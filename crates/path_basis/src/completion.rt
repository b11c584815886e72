//! Completion: rules of an ideal until all that is known to give one reduces to zero.
ghost use Rattle.std.specs.Prelude.{ℕ, ◌≡◌, ◌<◌, ◌≤◌, ◌+◌, ◌*◌, ◌^◌, ◌-◌, [], List, take, length, All, slice_index_or, IfOk, IfSome, OnOk, MatchBool, IsTrue};
ghost use Rattle.std.specs.BinaryHeap.{heap_items, heap_len};
ghost use Rattle.quiver_paths.specs.Path.{IsPath, path_length};
ghost use Rattle.quiver_paths.specs.PathList.{path_count, ListsPathsBelow};
ghost use Rattle.path_algebra.specs.declared.Header.{Header};
ghost use Rattle.path_algebra.specs.declared.Relation.{Relation};
ghost use Rattle.path_algebra.specs.declared.rules.Rule.{Rule};
ghost use Rattle.path_algebra.specs.declared.rules.Step.{Step};
ghost use Rattle.path_algebra.specs.Allowed.{IsAllowed};
ghost use Rattle.path_algebra.specs.Elements.{sum_of_terms};
ghost use Rattle.path_algebra.specs.Derivations.{IsNumber};
ghost use Rattle.path_algebra.specs.Rules.{AreElementTerms, rule_element};
ghost use Rattle.path_reduction.specs.Gaps.{IsTidy};
ghost use Rattle.path_reduction.specs.Occurrences.{StandsAt};
ghost use Rattle.path_reduction.specs.Derived.{IsDerivation, Derives, AreDerived};
ghost use Rattle.path_reduction.specs.Reducing.{AreReducedTo};
ghost use Rattle.path_reduction.specs.FirstGaps.{ForReductions, ClosesAt, IsFirstGap};
ghost use Rattle.path_reduction.specs.NewRules.{AreParallel, IsNewTo};
ghost use Rattle.path_basis.specs.Pruning.{AreOrdered};
ghost use Rattle.path_basis.specs.Measure.{free_count};
ghost use Rattle.path_basis.specs.Completing.{IsObstruction, IsOpen, IsCompletion, HasGrown, IsSame, RelationReduces, RelationsReduce, IsClosed};

use crate::inserting::insert_rule;
use crate::obstructions::{Obstruction, pop_least, push_obstructions, rank_of};
use crate::pruning::drop_unused_steps;
use crate::tails::reduce_tails_with;
use path_algebra::{Header, Rule, Step, terms_of_relation};
use path_reduction::{
    Derived, Gap, ShortPaths, element_between, first_gap, new_rule, occurrence_at_end, push_step,
    reduce,
};
use quiver_paths::{Path, compare};
use std::alloc::{AllocError, Global};
use std::cmp::Ordering;
use std::collections::BinaryHeap;
use std::mem;
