//! Lines of certificates, read token by token.

use crate::fact_forms::{FactForm, form_of};
use mistake_sentences::{FactMistake, MOST_ARGUMENTS};
use prolog_tokens::TokenKind;
use token_search::{Look, TextToken, TokenReader, first_name, shown_name};

/// The names of the norms.
const NORMS: [&[u8]; 2] = [b"term", b"list"];

/// A fact whose parts are looked at.
#[derive(Clone, Copy)]
struct FactLook<'a> {
    form: &'static FactForm,
    /// How many brackets are open within the fact's parentheses.
    depth: u32,
    /// The number of the part, from 0.
    part: u32,
    /// The token before.
    before: Option<TextToken<'a>>,
    /// What is wrong, where something is.
    found: Option<FactMistake<'a>>,
}

/// Whether a name stands without quotes.
fn is_plain(name: &[u8]) -> bool {
    name == b"[]".as_slice() || first_name(name) == Some(name)
}

/// What is between the quotes of a name.
fn unquoted(text: &[u8]) -> &[u8] {
    let end = text.len().saturating_sub(1);
    text.get(1..end).unwrap_or(&[])
}

/// A mistake where a name stands in quotes that needs none.
fn quoted_mistake<'a>(name: &'a [u8]) -> Option<FactMistake<'a>> {
    if is_plain(name) {
        shown_name(name).map(FactMistake::Quotes)
    } else {
        None
    }
}

/// The text of a number without the zeros that it begins with, where a digit comes after the first of them.
fn without_zeros(number: &[u8]) -> Option<&str> {
    if !matches!(number, [b'0', b'0'..=b'9', ..]) {
        return None;
    }
    match std::str::from_utf8(number).ok()?.trim_start_matches('0') {
        "" => Some("0"),
        digits => Some(digits),
    }
}

impl<'a> Look<'a> for FactLook<'a> {
    fn take(&mut self, word: TextToken<'a>) -> bool {
        if word.opens() {
            self.depth = self.depth.saturating_add(1);
        } else if word.closes() {
            if self.depth == 0 {
                self.end_part();
                self.end();
                return false;
            }
            self.depth = self.depth.saturating_sub(1);
        } else if word.kind == TokenKind::Comma {
            if self.depth == 0 {
                self.end_part();
                self.part = self.part.saturating_add(1);
            }
        } else {
            self.found = self.mistake_in(word);
        }
        self.before = Some(word);
        self.found.is_none()
    }
}

impl<'a> FactLook<'a> {
    /// Takes the end of a part.
    fn end_part(&mut self) {
        if self.form.pred == Some(self.part)
            && let Some(before) = self.before
            && before.is_name()
        {
            self.found = Some(FactMistake::Arity);
        }
    }

    /// Takes the end of the fact.
    fn end(&mut self) {
        let found = self.part.saturating_add(1);
        if self.found.is_none() && found != self.form.parts {
            self.found = Some(FactMistake::Parts {
                name: self.form.name,
                wanted: self.form.parts,
                found,
            });
        }
    }

    /// Whether it is of this name.
    fn is_of(&self, name: &str) -> bool {
        self.form.name == name
    }

    /// Whether the part under way is a predicate.
    fn is_pred(&self) -> bool {
        self.depth == 0 && self.form.pred == Some(self.part)
    }

    /// Whether the part under way is a list of modes.
    fn is_modes(&self) -> bool {
        self.part == 1 && self.is_of("terminates")
    }

    /// Whether an argument of a row of truth values is under way.
    fn is_cell(&self) -> bool {
        self.depth == 1 && (self.is_of("grounds") || self.is_of("pre"))
    }

    /// What a token shows that is no bracket and no comma.
    fn mistake_in(&self, word: TextToken<'a>) -> Option<FactMistake<'a>> {
        if self.is_of("norm") && !NORMS.contains(&word.text) {
            return Some(FactMistake::Norm);
        }
        match word.kind {
            TokenKind::Int(number) => self.number_mistake(word, number),
            TokenKind::Quoted => quoted_mistake(unquoted(word.text)),
            TokenKind::Var if self.is_pred() => shown_name(word.text).map(FactMistake::NoQuotes),
            TokenKind::Var | TokenKind::Name if self.is_cell() && word.text != b"x".as_slice() => {
                Some(FactMistake::Cell)
            }
            _ => None,
        }
    }

    /// What a number shows.
    fn number_mistake(&self, word: TextToken<'a>, number: i128) -> Option<FactMistake<'a>> {
        if let Some(rest) = without_zeros(word.text) {
            return Some(FactMistake::LeadingZero(rest));
        }
        self.range_mistake(number)
    }

    /// Whether numbers of the part under way are counted from 1.
    fn is_counted(&self) -> bool {
        self.depth == 0 && self.form.first <= self.part && self.part < self.form.end
    }

    /// What a number shows that is not in the range of its part.
    fn range_mistake(&self, number: i128) -> Option<FactMistake<'a>> {
        if self.is_pred() && number > MOST_ARGUMENTS as i128 {
            Some(FactMistake::ManyArguments)
        } else if self.is_cell() && number != 0 && number != 1 {
            Some(FactMistake::Cell)
        } else if self.is_modes() && self.depth == 1 {
            Some(FactMistake::Mode)
        } else if self.is_modes() && self.depth > 1 && number == 0 {
            Some(FactMistake::Argument)
        } else if self.is_counted() && number == 0 {
            Some(FactMistake::Number(self.form.name))
        } else {
            None
        }
    }
}

/// What is wrong with a line of a certificate that is not a fact, where the line shows it.
pub(crate) fn fact_mistake<'a>(line: &'a [u8]) -> Option<FactMistake<'a>> {
    let mut reader = TokenReader::new(line, 0);
    let name = reader.next()?;
    match form_of(name.text) {
        Some(form) => match reader.next() {
            Some(open) if open.opens_arguments(name) => parts_mistake(&mut reader, form),
            _ => None,
        },
        None => shown_name(name.text).map(FactMistake::Name),
    }
}

/// What the parts of a fact of this form show, after the bracket that opens them.
fn parts_mistake<'a>(
    reader: &mut TokenReader<'a>,
    form: &'static FactForm,
) -> Option<FactMistake<'a>> {
    let mut look = FactLook {
        form,
        depth: 0,
        part: 0,
        before: None,
        found: None,
    };
    reader.show_to(&mut look);
    look.found
}
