//! What a text shows about a mistake at a place of it: the usual mistakes of people who come from larger Prolog
//! systems.
//!
//! Each call answers nothing where the text does not surely show the mistake. Places are tokens of `prolog_tokens`,
//! which are looked for by `token_search`, and the sentences are those of `mistake_sentences`. It depends on these
//! three.
#![tactic(auto)]

mod byte_mistakes;
mod clause_heads;
mod comment_signs;
mod counting;
mod edit_mistakes;
mod file_queries;
mod foreign_operators;
mod gap_mistakes;
mod goal_look;
mod goal_mistakes;
mod infix_operators;
mod programs;
mod term_starts;

pub use byte_mistakes::byte_mistake;
pub use clause_heads::head_mistake;
pub use comment_signs::percent_mistake;
pub use counting::{argument_mistake, variable_mistake};
pub use edit_mistakes::edit_mistake;
pub use file_queries::query_in_file;
pub use gap_mistakes::{gap_mistake, is_closed_later};
pub use goal_mistakes::goal_mistake;
pub use programs::{is_certificate, program_mistake};
pub use term_starts::{start_mistake, term_mistake};
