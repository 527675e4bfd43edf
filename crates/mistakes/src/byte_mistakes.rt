//! Bytes that begin no token.

use mistake_sentences::ByteMistake;

/// Signs of mathematics, and what is written for each.
const SIGNS: [(&str, &str); 11] = [
    ("≤", "=<"),
    ("≥", ">="),
    ("≠", "=\\="),
    ("×", "*"),
    ("·", "*"),
    ("−", "-"),
    ("←", ":-"),
    ("⇐", ":-"),
    ("∧", ","),
    ("∨", ";"),
    ("∅", "[]"),
];

/// How many bytes are looked at for one that no text has.
const MOST_LOOKED: usize = 1_000;

/// Whether bytes are none of a text, as those of a program that a machine runs.
fn is_binary(bytes: &[u8]) -> bool {
    bytes.get(..MOST_LOOKED).unwrap_or(bytes).contains(&0)
}

/// The character that bytes begin with, if they begin with one of UTF-8.
fn first_char(bytes: &[u8]) -> Option<char> {
    for len in 1..5 {
        if let Some(first) = bytes.get(..len)
            && let Ok(text) = std::str::from_utf8(first)
        {
            return text.chars().next();
        }
    }
    None
}

/// What a character shows that begins no token.
fn char_mistake(first: char) -> Option<ByteMistake> {
    match first {
        '\u{feff}' => Some(ByteMistake::ByteOrderMark),
        '`' => Some(ByteMistake::BackQuote),
        '\0'..='\u{1f}' | '\u{7f}' => Some(ByteMistake::Control),
        '\u{a0}' | '\u{2000}'..='\u{203f}' => Some(ByteMistake::Typographic),
        '¬' => Some(ByteMistake::Negation),
        // The arrows, signs of mathematics and shapes of Unicode.
        '\u{2180}'..='\u{2bff}' => Some(ByteMistake::Symbol),
        _ => None,
    }
}

/// What a sign of mathematics shows, where the bytes begin with one.
fn sign_mistake(after: &[u8]) -> Option<ByteMistake> {
    for (sign, plain) in &SIGNS {
        if after.starts_with(sign.as_bytes()) {
            return Some(ByteMistake::Sign(sign, plain));
        }
    }
    None
}

/// Whether bytes begin with the byte order mark of UTF-8 or UTF-16.
fn has_mark(bytes: &[u8]) -> bool {
    bytes.starts_with(b"\xef\xbb\xbf")
        || bytes.starts_with(b"\xfe\xff")
        || bytes.starts_with(b"\xff\xfe")
}

/// What the bytes from a place on show, where they begin no token.
pub fn byte_mistake(after: &[u8]) -> Option<ByteMistake> {
    if !has_mark(after) && is_binary(after) {
        return Some(ByteMistake::Binary);
    }
    if let Some(mistake) = sign_mistake(after) {
        return Some(mistake);
    }
    match first_char(after) {
        Some(first) => char_mistake(first),
        None if after.is_empty() => None,
        None => Some(ByteMistake::NotText),
    }
}
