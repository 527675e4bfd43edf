//! Facts of certificates that stand at a wrong place.

use crate::fact_forms::{FactForm, form_of};
use mistake_sentences::FactMistake;
use token_search::before_byte;

/// The form of the fact of a line.
fn form_of_line(line: &[u8]) -> Option<&'static FactForm> {
    form_of(before_byte(line, b'(')?)
}

/// What the beginning of a certificate shows, whose fact of this line, counted from 1, may not stand there.
fn version_mistake<'a>(
    text: &[u8],
    number: u64,
    form: &'static FactForm,
) -> Option<FactMistake<'a>> {
    if number == 1 {
        Some(FactMistake::NoBeginning)
    } else if form.name == "norm" && text.starts_with(b"cti(1).\n") {
        Some(FactMistake::NormVersion)
    } else if number == 2 && text.starts_with(b"cti(2).\n") {
        Some(FactMistake::NoNorm)
    } else {
        None
    }
}

/// A mistake where a fact of this form may not stand after the line before.
fn order_mistake<'a>(before: &[u8], form: &'static FactForm) -> Option<FactMistake<'a>> {
    match form_of_line(before) {
        Some(earlier) if form.rank < earlier.rank => {
            Some(FactMistake::Order(form.name, earlier.name))
        }
        _ => None,
    }
}

/// What a certificate shows, whose fact of line `number`, from 1, may not follow that of the line before.
pub fn standing_mistake<'a>(
    text: &[u8],
    number: u64,
    before: Option<&[u8]>,
    line: &[u8],
) -> Option<FactMistake<'a>> {
    let form = form_of_line(line)?;
    match version_mistake(text, number, form) {
        Some(mistake) => Some(mistake),
        None => order_mistake(before?, form),
    }
}
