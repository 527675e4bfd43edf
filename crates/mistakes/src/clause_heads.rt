//! Heads of clauses that are none.

use mistake_sentences::{ClauseMistake, HeadMistake, Mistake, OperatorMistake};
use prolog_tokens::TokenKind;
use token_search::{TextToken, TokenReader, shown_name, value_of};

/// A mistake where a variable has the place of a head.
fn variable_mistake<'a>(first: TextToken<'a>, second: TextToken<'_>) -> Option<Mistake<'a>> {
    if matches!(first.kind, TokenKind::Var)
        && second.follows_head()
        && let Some(name) = shown_name(first.text)
    {
        return Some(Mistake::Clause(ClauseMistake::VariableName(name)));
    }
    None
}

/// What a name shows that a clause begins with.
fn named_mistake(name: &[u8], has_arguments: bool) -> Option<HeadMistake> {
    if name == b"\\+".as_slice() {
        Some(HeadMistake::Negation)
    } else if has_arguments && name == b"op".as_slice() {
        Some(HeadMistake::Op)
    } else {
        None
    }
}

/// What these first tokens of a clause show, whose head is none.
fn beginning_mistake<'a>(first: TextToken<'a>, second: TextToken<'_>) -> Option<Mistake<'a>> {
    match named_mistake(first.text, second.opens_arguments(first)) {
        Some(mistake) => Some(Mistake::Head(mistake)),
        None => variable_mistake(first, second),
    }
}

/// What the first tokens of a clause show, whose head is none.
fn first_mistake<'a>(reader: &mut TokenReader<'a>) -> Option<Mistake<'a>> {
    match (reader.next(), reader.next()) {
        (Some(first), Some(second)) => beginning_mistake(first, second),
        _ => None,
    }
}

/// Tokens that join goals, and what each shows before the neck.
const JOINTS: [(&str, HeadMistake); 3] = [
    (",", HeadMistake::Comma),
    (";", HeadMistake::Semicolon),
    ("->", HeadMistake::Arrow),
];

/// What a token outside brackets shows before the neck, and whether a minus sign follows it at once.
fn joint_mistake<'a>(word: TextToken<'_>, has_minus: bool) -> Option<Mistake<'a>> {
    match value_of(&JOINTS, word.text) {
        Some(HeadMistake::Semicolon) if has_minus => {
            Some(Mistake::Operator(OperatorMistake::Neck(";-")))
        }
        Some(mistake) => Some(Mistake::Head(mistake)),
        None => None,
    }
}

/// Whether a token ends a head: it follows a whole one, or joins goals.
fn ends_head(word: TextToken<'_>) -> bool {
    word.follows_head() || value_of(&JOINTS, word.text).is_some()
}

/// The first token of a clause outside brackets that joins goals, or that follows a whole head.
fn joint_in(text: &[u8]) -> Option<TextToken<'_>> {
    let mut reader = TokenReader::new(text, 0);
    let mut depth = 0u32;
    for _ in 0..reader.most() {
        let word = reader.next()?;
        if depth == 0 && ends_head(word) {
            return Some(word);
        }
        depth = word.depth_after(depth);
    }
    None
}

/// What the tokens of a clause show up to its neck, outside brackets.
fn mistake_before_neck<'a>(text: &[u8]) -> Option<Mistake<'a>> {
    let word = joint_in(text)?;
    joint_mistake(word, text.get(word.end as usize) == Some(&b'-'))
}

/// What the clause at a place of a text shows, whose head is none: how it begins, or what joins it to the text before
/// its neck.
pub fn head_mistake<'a>(text: &'a [u8], at: usize) -> Option<Mistake<'a>> {
    match mistake_before_neck(text.get(at..).unwrap_or(&[])) {
        Some(mistake) => Some(mistake),
        None => first_mistake(&mut TokenReader::new(text, at)),
    }
}
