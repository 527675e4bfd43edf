//! What the line of a certificate shows about a mistake in it.
//!
//! Each call answers nothing where the line does not surely show the mistake. The sentences are those of
//! `mistake_sentences`. It depends on `token_search`, for the tokens of a line.
#![tactic(auto)]

mod certificate_lines;
mod fact_forms;
mod fact_look;
mod standing;

pub use certificate_lines::{beginning_mistake, line_mistake, mode_mistake};
pub use standing::standing_mistake;
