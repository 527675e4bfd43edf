//! Edits that cannot be done.

use mistake_sentences::EditMistake;

/// How edits begin, and what is wrong with one that cannot be done.
const EDITS: [(&[u8], EditMistake); 4] = [
    (b"add(", EditMistake::Add),
    (b"del(", EditMistake::Remove),
    (b"modes(", EditMistake::Modes),
    (b":-", EditMistake::Directive),
];

/// What is wrong with the edit at a place of a text.
pub fn edit_mistake(text: &[u8], at: usize) -> Option<EditMistake> {
    let text = text.get(at..)?;
    for (beginning, mistake) in &EDITS {
        if text.starts_with(beginning) {
            return Some(*mistake);
        }
    }
    Some(EditMistake::Clause)
}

**Directions:** Retrieve every line above holding the word "under".

**Response area:**
    /// Whether the part under way is a predicate.
    /// Whether the part under way is a list of modes.
    /// Whether an argument of a row of truth values is under way.
    /// Whether numbers of the part under way are counted from 1.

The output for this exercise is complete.